Haldane’s gift to diving was to work out the rest intervals necessary to manage an ascent from the depths without getting the bends, but his interests ranged across the whole of physiology, from studying altitude sickness in climbers to the problems of heatstroke in desert regions. He had a particular interest in the effects of toxic gases on the human body. To understand more exactly how carbon monoxide leaks killed miners, he methodically poisoned himself, carefully taking and measuring his own blood samples the while. He quit only when he was on the verge of losing all muscle control and his blood saturation level had reached 56 percent—a level, as Trevor Norton notes in his entertaining history of diving, Stars Beneath the Sea, only fractionally removed from nearly certain lethality.
Haldane’s son Jack, known to posterity as J.B.S., was a remarkable prodigy who took an interest in his father’s work almost from infancy. At the age of three he was overheard demanding peevishly of his father, “But is it oxyhaemoglobin or carboxyhaemoglobin?” Throughout his youth, the young Haldane helped his father with experiments. By the time he was a teenager, the two often tested gases and gas masks together, taking turns to see how long it took them to pass out.
Though J. B. S. Haldane never took a degree in science (he studied classics at Oxford), he became a brilliant scientist in his own right, mostly in Cambridge. The biologist [and Nobel laureate] Peter Medawar, who spent his life around mental Olympians, called him “the cleverest man I ever knew.” Huxley likewise parodied the younger Haldane in his novel Antic Hay, but also used his ideas on genetic manipulation of humans as the basis for the plot of Brave New World. Among many other achievements, Haldane played a central role in marrying Darwinian principles of evolution to the genetic work of Gregor Mendel to produce what is known to geneticists as the Modern Synthesis.
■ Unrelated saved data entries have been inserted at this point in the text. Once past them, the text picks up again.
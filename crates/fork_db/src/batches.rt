//! Batches: the steps that lead a client to a target, by their counts.

ghost use Rattle.std.specs.Prelude.{◌≡◌, ◌+◌, ◌*◌, ◌<◌, ◌≤◌, ◌^◌, ℕ, length, max, min, IfOk};
ghost use Rattle.chain_model.specs.Ancestry.{IsHistory};
ghost use Rattle.chain_model.specs.Finality.{ancestry_of, final_tip};
ghost use Rattle.chain_model.specs.Places.{IsAhead, PlaceFits};
ghost use Rattle.chain_model.specs.Steps.{ancestry_at, cut, kept, target, head as head_of};
ghost use Rattle.chain_laws.specs.Standing.{first_of};
ghost use Rattle.block_tree.specs.Places.{slip_of};
ghost use Rattle.fork_db.specs.Batches.{IsBatch, IsGiven, step_total};

use crate::db::ForkDb;
use block_record::BlockRef;
use block_tree::{BLOCKS_MAX, BlockTree};
use chain_model::{Mode, Place};
use link_rows::LinkCount;
use std::alloc::AllocError;

/// The steps from a place to a target, by their counts.
#[derive(Drop)]
pub struct Batch {
    /// How many blocks the history had.
    pub seen: u64,
    /// Where the client stands.
    pub place: Place,
    /// The place of the target's last block in the history. None for a target without blocks.
    pub target: Option<usize>,
    /// The place of the end in the history. None for a client without blocks.
    pub end: Option<usize>,
    /// How many blocks the path of the end has.
    pub held: u64,
    /// How many blocks the client knows to be final.
    pub known: u64,
    /// How many blocks are taken back.
    pub undos: u64,
    /// How many blocks that the client has are final.
    pub finals: u64,
    /// How many blocks follow that are final.
    pub newfinals: u64,
    /// How many blocks follow that are not.
    pub news: u64,
}

/// How many steps there are of each kind.
#[derive(Clone, Copy)]
pub struct Counts {
    undos: u64,
    finals: u64,
    newfinals: u64,
    news: u64,
}

/// How many blocks some paths have, and where the client's ends.
#[derive(Clone, Copy)]
pub struct Lengths {
    end: Option<usize>,
    held: u64,
    wanted: u64,
    common: u64,
    known: u64,
    finals: u64,
}

impl ForkDb {
    /// The steps from a place that fits to the target, by their counts. It reads at most 2 + 4 d
    /// links, d the number of binary digits of the history's length, and copies the place.
    pub fn batch<C: LinkCount>(
        &self,
        place: &Place,
        mode: Mode,
        stop: Option<u64>,
        links: &mut C,
    ) -> Result<Batch, AllocError>
        requires fits { PlaceFits self.now.history place.now.end place.now.lib }
        requires ahead { IsAhead stop place.now.end }
        ensures batch { IfOk result (λ b. IsBatch self.now.history mode stop b) }
        ensures given { IfOk result
            (λ b. IsGiven self.now.history self.now.history mode stop b) }
        ensures place { IfOk result (λ b. b.place ≡ place.now) }
        ensures cost { (d : ℕ) → length self.now.history < 2 ^ d
            → C.count links.new ≤ C.count links.old + 2 + 4 * d }
    {
        let place = copy_place(place)?;
        Ok(self.batch_from(place, mode, stop, links))
    }

    /// The same from a place of the caller's own, which the batch keeps. It takes no memory.
    pub fn batch_from<C: LinkCount>(
        &self,
        place: Place,
        mode: Mode,
        stop: Option<u64>,
        links: &mut C,
    ) -> Batch
        requires fits { PlaceFits self.now.history place.end place.lib }
        requires ahead { IsAhead stop place.end }
        ensures batch { IsBatch self.now.history mode stop result }
        ensures given { IsGiven self.now.history self.now.history mode stop result }
        ensures place { result.place ≡ place }
        ensures cost { (d : ℕ) → length self.now.history < 2 ^ d
            → C.count links.new ≤ C.count links.old + 2 + 4 * d }
    {
        let tip = self.final_tip();
        let head = self.head();
        let seen = self.tree.len() as u64;
        let target = target_of(&self.tree, tip, head, mode, stop, links);
        let paths = path_lengths(&self.tree, tip, &place, target, links);
        let counts = counts_of(paths);
        Batch {
            seen,
            place,
            target,
            end: paths.end,
            held: paths.held,
            known: paths.known,
            undos: counts.undos,
            finals: counts.finals,
            newfinals: counts.newfinals,
            news: counts.news,
        }
    }
}

/// How many blocks the path of a block has. None has no path, and neither has a place that is not
/// in the history.
fn path_len(tree: &BlockTree, at: Option<usize>) -> u64
    ensures len { result ≡ length (ancestry_of tree.now.history (slip_of tree.now.history at)) }
    ensures short { result ≤ length tree.now.history }
    ensures small { length tree.now.history ≤ BLOCKS_MAX }
    ensures sound { IsHistory tree.now.history }
{
    let len = tree.len();
    match at {
        Some(at) if at < len => tree.depth(at) + 1,
        _ => 0,
    }
}

/// The place of the block at a reference.
fn find_ref(tree: &BlockTree, block: &Option<BlockRef>) -> Option<usize>
    ensures { ancestry_of tree.now.history (slip_of tree.now.history result)
        ≡ ancestry_at tree.now.history block.now }
{
    match block {
        Some(block) => tree.find(&block.id),
        None => None,
    }
}

/// The last block of a path with a number of at most the stop, where there is a stop.
fn cut_at<C: LinkCount>(
    tree: &BlockTree,
    last: Option<usize>,
    stop: Option<u64>,
    links: &mut C,
) -> Option<usize>
    ensures value { slip_of tree.now.history result
        ≡ first_of (cut stop (ancestry_of tree.now.history (slip_of tree.now.history last))) }
    ensures cost { (d : ℕ) → length tree.now.history < 2 ^ d
        → C.count links.new ≤ C.count links.old + d + 1 }
{
    let len = tree.len();
    match (last, stop) {
        (Some(at), Some(stop)) if at < len => tree.last_up_to(at, stop, links),
        _ => last,
    }
}

/// The last block of the target.
fn target_of<C: LinkCount>(
    tree: &BlockTree,
    tip: Option<usize>,
    head: Option<usize>,
    mode: Mode,
    stop: Option<u64>,
    links: &mut C,
) -> Option<usize>
    requires tip { slip_of tree.now.history tip ≡ final_tip tree.now.history }
    requires head { slip_of tree.now.history head ≡ head_of tree.now.history }
    ensures value { slip_of tree.now.history result
        ≡ first_of (target tree.now.history mode stop) }
    ensures cost { (d : ℕ) → length tree.now.history < 2 ^ d
        → C.count links.new ≤ C.count links.old + d + 1 }
{
    match mode {
        Mode::Live => cut_at(tree, head, stop, links),
        Mode::Final => cut_at(tree, tip, stop, links),
    }
}

/// How many blocks are on two paths.
fn common_len<C: LinkCount>(
    tree: &BlockTree,
    a: Option<usize>,
    b: Option<usize>,
    links: &mut C,
) -> u64
    ensures len { result ≡ length (kept
        (ancestry_of tree.now.history (slip_of tree.now.history a))
        (ancestry_of tree.now.history (slip_of tree.now.history b))) }
    ensures cost { (d : ℕ) → length tree.now.history < 2 ^ d
        → C.count links.new ≤ C.count links.old + 1 + 3 * d }
{
    match (a, b) {
        (Some(a), Some(b)) if a < tree.len() && b < tree.len() => {
            path_len(tree, Some(tree.meet(a, b, links)))
        }
        _ => 0,
    }
}

/// The counts of steps from one path to another: of the blocks on both, those after the known ones
/// that are final, and of the blocks after them, those that are final and the others.
fn counts_of(paths: Lengths) -> Counts
    requires held { paths.common ≤ paths.held }
    requires wanted { paths.common ≤ paths.wanted }
    requires known { paths.known ≤ min paths.common paths.finals }
    requires finals { paths.finals ≤ paths.wanted }
    ensures undos { result.undos + paths.common ≡ paths.held }
    ensures finals { result.finals + paths.known ≡ min paths.common paths.finals }
    ensures newfinals { result.newfinals + paths.common ≡ max paths.common paths.finals }
    ensures news { result.news + max paths.common paths.finals ≡ paths.wanted }
{
    Counts {
        undos: paths.held - paths.common,
        finals: paths.common.min(paths.finals) - paths.known,
        newfinals: paths.common.max(paths.finals) - paths.common,
        news: paths.wanted - paths.common.max(paths.finals),
    }
}

/// The lengths of the paths between which a client moves.
fn path_lengths<C: LinkCount>(
    tree: &BlockTree,
    tip: Option<usize>,
    place: &Place,
    target: Option<usize>,
    links: &mut C,
) -> Lengths
    ensures end { slip_of tree.now.history result.end
        ≡ first_of (ancestry_at tree.now.history place.now.end) }
    ensures held { result.held ≡ length (ancestry_at tree.now.history place.now.end) }
    ensures wanted { result.wanted
        ≡ length (ancestry_of tree.now.history (slip_of tree.now.history target)) }
    ensures common { result.common ≡ length (kept (ancestry_at tree.now.history place.now.end)
        (ancestry_of tree.now.history (slip_of tree.now.history target))) }
    ensures known { result.known ≡ length (ancestry_at tree.now.history place.now.lib) }
    ensures finals { result.finals ≡ min result.wanted
        (length (ancestry_of tree.now.history (slip_of tree.now.history tip))) }
    ensures cost { (d : ℕ) → length tree.now.history < 2 ^ d
        → C.count links.new ≤ C.count links.old + 1 + 3 * d }
{
    let end = find_ref(tree, &place.end);
    let lib = find_ref(tree, &place.lib);
    let wanted = path_len(tree, target);
    let final_len = path_len(tree, tip);
    Lengths {
        end,
        held: path_len(tree, end),
        wanted,
        common: common_len(tree, end, target, links),
        known: path_len(tree, lib),
        finals: wanted.min(final_len),
    }
}

/// A copy of a place.
pub fn copy_place(place: &Place) -> Result<Place, AllocError>
    ensures { IfOk result (λ p. p ≡ place.now) }
{
    let place = place.clone()?;
    Ok(place)
}

/// How many steps a batch has.
pub fn step_count(batch: &Batch) -> u64
    requires small { step_total batch.now < 2 ^ 64 }
    ensures { result ≡ step_total batch.now }
{
    batch.undos + batch.finals + batch.newfinals + batch.news
}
Whereas his father’s principal interests concerned miners and poisoning, the younger Haldane became obsessed with saving submariners and divers from the unpleasant consequences of their work. With Admiralty funding he acquired a decompression chamber that he called the “pressure pot.” This was a metal cylinder into which three people at a time could be sealed and subjected to tests of various types, all painful and nearly all dangerous. Volunteers might be required to sit in ice water while breathing “aberrant atmosphere” or subjected to rapid changes of pressurization. In one experiment, Haldane simulated a dangerously hasty ascent to see what would happen. What happened was that the dental fillings in his teeth exploded. “Almost every experiment,” Norton writes, “ended with someone having a seizure, bleeding, or vomiting.” The chamber was virtually soundproof, so the only way for occupants to signal unhappiness or distress was to tap insistently on the chamber wall or to hold up notes to a small window.
On another occasion, while poisoning himself with elevated levels of oxygen, Haldane had a fit so severe that he crushed several vertebrae. Collapsed lungs were a routine hazard. Perforated eardrums were quite common, but, as Haldane reassuringly noted in one of his essays, “the drum generally heals up; and if a hole remains in it, although one is somewhat deaf, one can blow tobacco smoke out of the ear in question, which is a social accomplishment.”
Porphyrias & Anemias
We talked about lead poisoning and basophilic stippling, as well as how to differentiate lead poisoning from major thalassemia (in the context of basophilic stippling) based on serum iron (which is more likely to be normal in thalassemia). We also discussed functional asplenia in sickle cell disease — here’s a 1969 paper from the NEJM. Addie mentioned thinking Goljan had said that HbSS kiddos were functionally asplenic by age 2; here’s a reference that says it’s “usually complete by 5 years of age.” For one more reference → Robbins (2016, 9e) says on page 636-7, “In early childhood, the spleen is enlarged up to 500 gm by red pulp congestion, which is caused by the trapping of sickled red cells in the cords and sinuses. With time, however, the chronic erythrostasis leads to splenic infarction, fibrosis, and progressive shrinkage, so that by adolescence or early adulthood only a small nubbin of fibrous splenic tissue is left; this process is called autosplenectomy.”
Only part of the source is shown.